-- WHAT YOU SHOULD DO --
The word to find is "protocol". Copy each line of the material that contains it.

-- INFORMATION SHOWN --
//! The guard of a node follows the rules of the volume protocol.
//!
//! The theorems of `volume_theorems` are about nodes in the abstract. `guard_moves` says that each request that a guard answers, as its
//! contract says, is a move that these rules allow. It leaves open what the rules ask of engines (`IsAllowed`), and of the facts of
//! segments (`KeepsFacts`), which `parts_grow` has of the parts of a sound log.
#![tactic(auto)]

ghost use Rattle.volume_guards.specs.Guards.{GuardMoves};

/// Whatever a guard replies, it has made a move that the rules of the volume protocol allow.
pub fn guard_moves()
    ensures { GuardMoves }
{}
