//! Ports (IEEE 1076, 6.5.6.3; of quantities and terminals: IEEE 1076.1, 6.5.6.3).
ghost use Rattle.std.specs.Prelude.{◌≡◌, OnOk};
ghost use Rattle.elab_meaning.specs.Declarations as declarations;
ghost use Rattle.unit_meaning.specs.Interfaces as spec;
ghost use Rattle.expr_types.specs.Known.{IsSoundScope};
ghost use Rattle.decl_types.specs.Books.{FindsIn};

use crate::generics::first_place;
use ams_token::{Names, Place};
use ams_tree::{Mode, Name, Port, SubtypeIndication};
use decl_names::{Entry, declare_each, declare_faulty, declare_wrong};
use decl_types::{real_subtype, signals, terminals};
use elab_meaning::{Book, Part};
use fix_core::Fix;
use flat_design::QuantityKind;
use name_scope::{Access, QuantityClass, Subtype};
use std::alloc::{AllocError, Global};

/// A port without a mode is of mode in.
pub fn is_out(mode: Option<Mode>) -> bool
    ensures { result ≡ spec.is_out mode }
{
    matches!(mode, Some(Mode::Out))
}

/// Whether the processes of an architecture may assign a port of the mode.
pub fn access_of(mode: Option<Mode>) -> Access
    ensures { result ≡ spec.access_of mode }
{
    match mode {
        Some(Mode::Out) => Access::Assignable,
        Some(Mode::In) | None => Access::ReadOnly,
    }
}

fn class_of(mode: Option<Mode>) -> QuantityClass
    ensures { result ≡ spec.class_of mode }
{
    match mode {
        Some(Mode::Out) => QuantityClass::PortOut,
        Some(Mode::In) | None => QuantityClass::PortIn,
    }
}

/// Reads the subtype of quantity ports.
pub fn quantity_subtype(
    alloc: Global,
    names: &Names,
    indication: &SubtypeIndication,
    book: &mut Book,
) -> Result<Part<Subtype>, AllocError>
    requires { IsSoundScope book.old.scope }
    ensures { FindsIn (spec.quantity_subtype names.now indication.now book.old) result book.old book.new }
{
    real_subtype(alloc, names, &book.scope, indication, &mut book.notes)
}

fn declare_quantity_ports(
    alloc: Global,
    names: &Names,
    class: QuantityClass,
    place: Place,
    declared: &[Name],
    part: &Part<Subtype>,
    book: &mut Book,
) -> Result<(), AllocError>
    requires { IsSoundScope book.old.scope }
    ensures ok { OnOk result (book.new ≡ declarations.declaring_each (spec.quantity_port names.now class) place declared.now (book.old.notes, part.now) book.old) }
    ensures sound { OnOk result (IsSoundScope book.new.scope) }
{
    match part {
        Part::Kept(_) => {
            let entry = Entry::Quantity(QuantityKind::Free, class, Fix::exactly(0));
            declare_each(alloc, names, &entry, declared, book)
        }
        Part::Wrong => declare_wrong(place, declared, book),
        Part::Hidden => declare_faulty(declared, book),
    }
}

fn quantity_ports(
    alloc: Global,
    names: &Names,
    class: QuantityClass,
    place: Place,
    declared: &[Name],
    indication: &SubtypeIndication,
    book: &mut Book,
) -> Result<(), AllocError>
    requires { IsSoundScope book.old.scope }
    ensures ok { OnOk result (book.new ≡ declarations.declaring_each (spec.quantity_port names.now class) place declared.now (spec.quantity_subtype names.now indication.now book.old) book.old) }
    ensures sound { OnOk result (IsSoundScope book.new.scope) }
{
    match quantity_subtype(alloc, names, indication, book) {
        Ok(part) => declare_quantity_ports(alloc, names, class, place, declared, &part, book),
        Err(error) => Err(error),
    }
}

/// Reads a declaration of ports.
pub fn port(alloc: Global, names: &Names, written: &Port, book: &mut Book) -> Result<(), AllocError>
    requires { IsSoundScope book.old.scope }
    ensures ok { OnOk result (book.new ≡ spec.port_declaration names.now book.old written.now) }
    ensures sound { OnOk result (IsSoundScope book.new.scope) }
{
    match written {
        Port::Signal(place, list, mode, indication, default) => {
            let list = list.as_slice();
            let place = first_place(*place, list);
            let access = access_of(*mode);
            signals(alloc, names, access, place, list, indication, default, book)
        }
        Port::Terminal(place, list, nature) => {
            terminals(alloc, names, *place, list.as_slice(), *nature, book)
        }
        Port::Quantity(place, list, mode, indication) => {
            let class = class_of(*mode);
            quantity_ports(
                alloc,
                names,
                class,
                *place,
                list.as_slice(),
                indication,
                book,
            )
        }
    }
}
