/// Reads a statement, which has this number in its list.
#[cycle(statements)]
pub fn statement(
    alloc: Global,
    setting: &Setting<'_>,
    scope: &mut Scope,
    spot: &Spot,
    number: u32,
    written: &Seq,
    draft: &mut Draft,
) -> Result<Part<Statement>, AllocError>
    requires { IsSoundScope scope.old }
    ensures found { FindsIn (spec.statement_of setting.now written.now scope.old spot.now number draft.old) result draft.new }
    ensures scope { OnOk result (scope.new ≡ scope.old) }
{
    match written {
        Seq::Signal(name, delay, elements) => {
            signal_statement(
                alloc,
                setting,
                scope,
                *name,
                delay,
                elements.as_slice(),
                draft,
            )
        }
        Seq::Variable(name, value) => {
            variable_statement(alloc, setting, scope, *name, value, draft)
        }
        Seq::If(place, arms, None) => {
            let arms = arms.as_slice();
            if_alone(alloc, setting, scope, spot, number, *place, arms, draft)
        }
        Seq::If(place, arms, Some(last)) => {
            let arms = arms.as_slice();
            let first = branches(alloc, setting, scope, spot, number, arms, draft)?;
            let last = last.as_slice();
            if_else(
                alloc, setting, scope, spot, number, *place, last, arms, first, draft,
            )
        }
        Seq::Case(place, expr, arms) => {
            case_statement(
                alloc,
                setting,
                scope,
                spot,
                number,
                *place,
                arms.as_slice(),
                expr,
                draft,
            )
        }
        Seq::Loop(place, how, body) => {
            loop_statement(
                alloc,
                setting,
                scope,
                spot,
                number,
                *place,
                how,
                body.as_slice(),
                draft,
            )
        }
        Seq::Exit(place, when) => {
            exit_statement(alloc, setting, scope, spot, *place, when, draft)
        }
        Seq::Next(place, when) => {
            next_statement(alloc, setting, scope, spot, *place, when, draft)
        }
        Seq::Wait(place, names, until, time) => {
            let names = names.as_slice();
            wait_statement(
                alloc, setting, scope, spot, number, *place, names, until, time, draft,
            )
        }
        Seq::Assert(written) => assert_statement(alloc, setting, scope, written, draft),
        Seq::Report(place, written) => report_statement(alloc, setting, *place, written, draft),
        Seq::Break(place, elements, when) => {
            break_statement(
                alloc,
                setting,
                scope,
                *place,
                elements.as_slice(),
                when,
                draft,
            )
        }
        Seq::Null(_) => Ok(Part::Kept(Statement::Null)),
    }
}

-- SOLUTION BELOW --
//! The guard of a node follows the rules of the volume protocol.
/// Whatever a guard replies, it has made a move that the rules of the volume protocol allow.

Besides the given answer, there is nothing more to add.